Modern Simulation Methods
This is how we develop new filter media
Finer, with a higher performance and always better: the engineers at MANN+HUMMEL use modern simulation methods to develop new filter media. This enables us to improve filtration performance for many varied applications and requirements.
The display shows huge, rugged cavities, ledges and depressions. There are fiber structures on the screen which would otherwise not be visible to the human eye. This picture makes us think of distant planets or the depths of the oceans, or of a world which is outside of our universe. "This thought is not entirely wrong", says Friedemann Hahn, development engineer at MANN+HUMMEL. "It is actually a hidden microcosmos which we make visible." He and his colleagues are using modern simulation modeling to optimize new filter media.
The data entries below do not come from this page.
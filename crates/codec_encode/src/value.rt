//! The answer of a call, as its kind has it, from an answer as data.

ghost use Rattle.std.specs.Prelude.{◌≡◌, ◌<◌, ◌-◌, ◌^◌, ◌+◌, ℕ, List, pos, length, take, drop, bit_and, IfOk, MatchResult};
ghost use Rattle.vfs_flags.specs.Numbers.{eio};
ghost use Rattle.vfs_flags.specs.Flags.{fs_options_bits, open_options_bits, known_fs_options, known_open_options};
ghost use Rattle.vfs_files.specs.Answers.{Told, Untold, Entries, TimedAttributes, Openings, Creations, Capacities, Offsets, Writes, Agreements, Texts, TextsOrCounts, Data, Faults, Failed, KeepsTextShort, read_answer, init_answer, done_answer, entry_answer, attr_answer, opened_answer, created_answer, statistics_answer, offset_answer, written_answer};
ghost use Rattle.codec_calls.specs.Values.{handle_of};
ghost use Rattle.codec_encode.specs.Said.{CanBeRead, IsFailed, IsSaid, IsTooLong, IsTooMuch, IsUncounted, text_said, value_said};

use bitflags::Flags;
use codec_calls::{AnswerData, CallData, fault_of};
use std::time::Duration;
use vfs_files::Entry;
use vfs_flags::{Errno, Fault, FsOptions, MAX_REPLY_DATA, OpenOptions};
use vfs_wire::{Attr, ByteValued, OutHeader, Statvfs64};

/// The fault that was answered, if one was.
pub(crate) fn done(answer: &AnswerData) -> Result<(), Fault>
    ensures failed { MatchResult result
        (λ _. answer.now.error ≡ pos 0)
        (λ fault. IsFailed answer.now fault) }
    ensures told { (text room : List ℕ) → IsSaid answer.now text room Told (done_answer result) }
    ensures untold { (text room : List ℕ) →
        IsSaid answer.now text room Untold (done_answer result) }
{
    match answer.error {
        0 => Ok(()),
        error => Err(fault_of(error)),
    }
}

/// The fault of a call that has no other answer: EIO where none was answered.
pub(crate) fn fault(answer: &AnswerData) -> Fault
    ensures { (text room : List ℕ) → IsSaid answer.now text room Faults (Failed result) }
{
    match done(answer) {
        Ok(()) => Some(Errno::EIO),
        Err(fault) => fault,
    }
}

/// The options that are wanted.
#[tactic(auto, unfolding(bitflags::proofs::OnLiterals::bitflags_on_literals))]
fn options(answer: &AnswerData) -> FsOptions
    ensures { fs_options_bits result ≡ bit_and answer.now.count known_fs_options }
{
    FsOptions::from_bits_truncate(answer.count)
}

/// The options that are wanted, or the fault.
pub(crate) fn want(answer: &AnswerData) -> Result<FsOptions, Fault>
    ensures { (text room : List ℕ) → IsSaid answer.now text room Agreements (init_answer result) }
{
    done(answer)?;
    Ok(options(answer))
}

/// The entry, or the fault.
#[inline(always)]
pub(crate) fn entry(answer: &AnswerData) -> Result<Entry, Fault>
    ensures { (text room : List ℕ) → IsSaid answer.now text room Entries (entry_answer result) }
{
    done(answer)?;
    Ok(answer.entry.entry())
}

/// The attributes and how long they hold, or the fault.
#[inline(always)]
pub(crate) fn attributes(answer: &AnswerData) -> Result<(Attr, Duration), Fault>
    ensures { (text room : List ℕ) →
        IsSaid answer.now text room TimedAttributes (attr_answer result) }
{
    done(answer)?;
    Ok((answer.entry.attr.attr(), answer.entry.attr_timeout()))
}

/// The handle, where there is one.
fn handle(answer: &AnswerData) -> Option<u64>
    ensures { result ≡ handle_of answer.now }
{
    if answer.has_handle != 0 {
        Some(answer.handle)
    } else {
        None
    }
}

/// How what was opened is to be used.
#[tactic(auto, unfolding(bitflags::proofs::OnLiterals::bitflags_on_literals))]
fn open_options(answer: &AnswerData) -> OpenOptions
    ensures { open_options_bits result ≡ bit_and answer.now.open_flags known_open_options }
{
    OpenOptions::from_bits_truncate(answer.open_flags)
}

/// What was opened, or the fault.
pub(crate) fn opened(answer: &AnswerData) -> Result<(Option<u64>, OpenOptions), Fault>
    ensures { (text room : List ℕ) →
        IsSaid answer.now text room Openings (opened_answer (λ h. h) result) }
{
    done(answer)?;
    Ok((handle(answer), open_options(answer)))
}

/// An entry and what was opened with it, or the fault.
pub(crate) fn created(answer: &AnswerData) -> Result<(Entry, Option<u64>, OpenOptions), Fault>
    ensures { (text room : List ℕ) →
        IsSaid answer.now text room Creations (created_answer (λ h. h) result) }
{
    done(answer)?;
    Ok((answer.entry.entry(), handle(answer), open_options(answer)))
}

/// What the file system holds, or the fault.
pub(crate) fn statistics(answer: &AnswerData) -> Result<Statvfs64, Fault>
    ensures { (text room : List ℕ) →
        IsSaid answer.now text room Capacities (statistics_answer result) }
{
    done(answer)?;
    Ok(answer.statfs.statistics())
}

/// The place in a file, or the fault.
pub(crate) fn offset(answer: &AnswerData) -> Result<u64, Fault>
    ensures { (text room : List ℕ) → IsSaid answer.now text room Offsets (offset_answer result) }
{
    done(answer)?;
    Ok(answer.count)
}

/// The count, where it has a place in a reply, and else EIO.
pub(crate) fn count(answer: &AnswerData) -> Result<u32, Fault>
    ensures { MatchResult result
        (λ count. count ≡ answer.now.count)
        (λ fault. IsUncounted answer.now fault) }
{
    match u32::try_from(answer.count) {
        Ok(count) => Ok(count),
        Err(_) => Err(Some(Errno::EIO)),
    }
}

/// How many bytes were written, or the fault.
pub(crate) fn written(answer: &AnswerData) -> Result<u32, Fault>
    ensures { (text room : List ℕ) → IsSaid answer.now text room Writes (written_answer result) }
{
    done(answer)?;
    count(answer)
}

/// That this text is short enough for a reply, or ERANGE.
fn short(text: &[u8]) -> Result<(), Fault>
    ensures short { IfOk result (λ _. length text.now < 2 ^ 32 - 16) }
    ensures long { MatchResult result (λ _. length text.now < 2 ^ 32 - 16)
        (λ fault. IsTooLong text.now fault) }
{
    if text.len() > MAX_REPLY_DATA as usize {
        return Err(Some(Errno::ERANGE));
    }
    Ok(())
}

/// That the text beside is the answer, or the fault.
pub(crate) fn text(answer: &AnswerData, text: &[u8]) -> Result<(), Fault>
    ensures short { KeepsTextShort (text_said result text.now) }
    ensures said { (room : List ℕ) →
        IsSaid answer.now text.now room Texts (text_said result text.now) }
{
    done(answer)?;
    short(text)
}

/// How many bytes a text has, or that the text beside is the answer, or the fault.
pub(crate) fn value(answer: &AnswerData, text: &[u8]) -> Result<Option<u32>, Fault>
    ensures short { KeepsTextShort (value_said result text.now) }
    ensures said { (room : List ℕ) →
        IsSaid answer.now text.now room TextsOrCounts (value_said result text.now) }
{
    done(answer)?;
    if answer.has_count != 0 {
        return Ok(Some(count(answer)?));
    }
    short(text)?;
    Ok(None)
}

/// How many bytes of data there are, where the reply to a READ can have that many, and else EIO.
fn data_count(call: &CallData, answer: &AnswerData) -> Result<u32, Fault>
    ensures { MatchResult result
        (λ count. (count ≡ answer.now.count)
        × CanBeRead call.now.size call.now.room answer.now.count)
        (λ fault. (fault ≡ Some eio) × IsTooMuch call.now.size call.now.room answer.now.count) }
{
    if answer.count > u64::from(call.size.min(MAX_REPLY_DATA)) {
        return Err(Some(Errno::EIO));
    }
    if answer.count + OutHeader::SIZE as u64 > call.room {
        return Err(Some(Errno::EIO));
    }
    Ok(answer.count as u32)
}

/// How many bytes of data there are, or the fault.
pub(crate) fn data(call: &CallData, answer: &AnswerData) -> Result<u32, Fault>
    ensures count { IfOk result (λ count. (count ≡ answer.now.count)
        × CanBeRead call.now.size call.now.room answer.now.count) }
    ensures said { (text room : List ℕ) → length room ≡ call.now.room →
        IsSaid answer.now text room (Data call.now.size)
        (read_answer result (take answer.now.count (drop 16 room))) }
{
    done(answer)?;
    data_count(call, answer)
}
"The requirements for modern filters to protect people, engines and machines are increasing all the time. Depending on the field of application, our filters have to meet a number of different requirements", explains Hahn. "Using high performance software we design and perfect new filter material structures which are able to meet these requirements."
The virtual prototype: in pursuit of dirt particles
For this purpose, Hahn and his colleagues firstly use a computerized tomography to get a detailed picture of the filter medium. This image reveals the microscopic structure of the filter material. These structures, measured in micrometers which would not be visible to the naked eye, now become visible. An analysis of these structures identifies the characteristic features of the filter material such as fiber diameter, fiber-packing density and the structure of the individual material layers. In the next step, the knowledge from this data is used to develop a virtual, parametric model of the filter material. This results in a virtual prototype which developers can use to literally enter the microcosmos.
"The model shows us clearly where and how the individual dirt particles are distributed in the filter medium. We can now, for example, adjust certain parameters to change the characteristics of the medium. This enables us to understand the different effects on performance which result from changing the individual parameters", explains Hahn.
Step by step to the best result: finer filtration is not possible
The special point about this simulation model and this process is that up to now all the working steps have taken place on the computer. Therefore, engineers save a lot of time and resources in the development process. "As opposed to conventional research methods, we no longer have to conduct experiments with testing equipment. Instead we can selectively examine new types of material structure solely on the computer", says Hahn. "The filter media developed in this way are then subsequently tested under real conditions."
This results in filter media with the ideal characteristics for specific applications.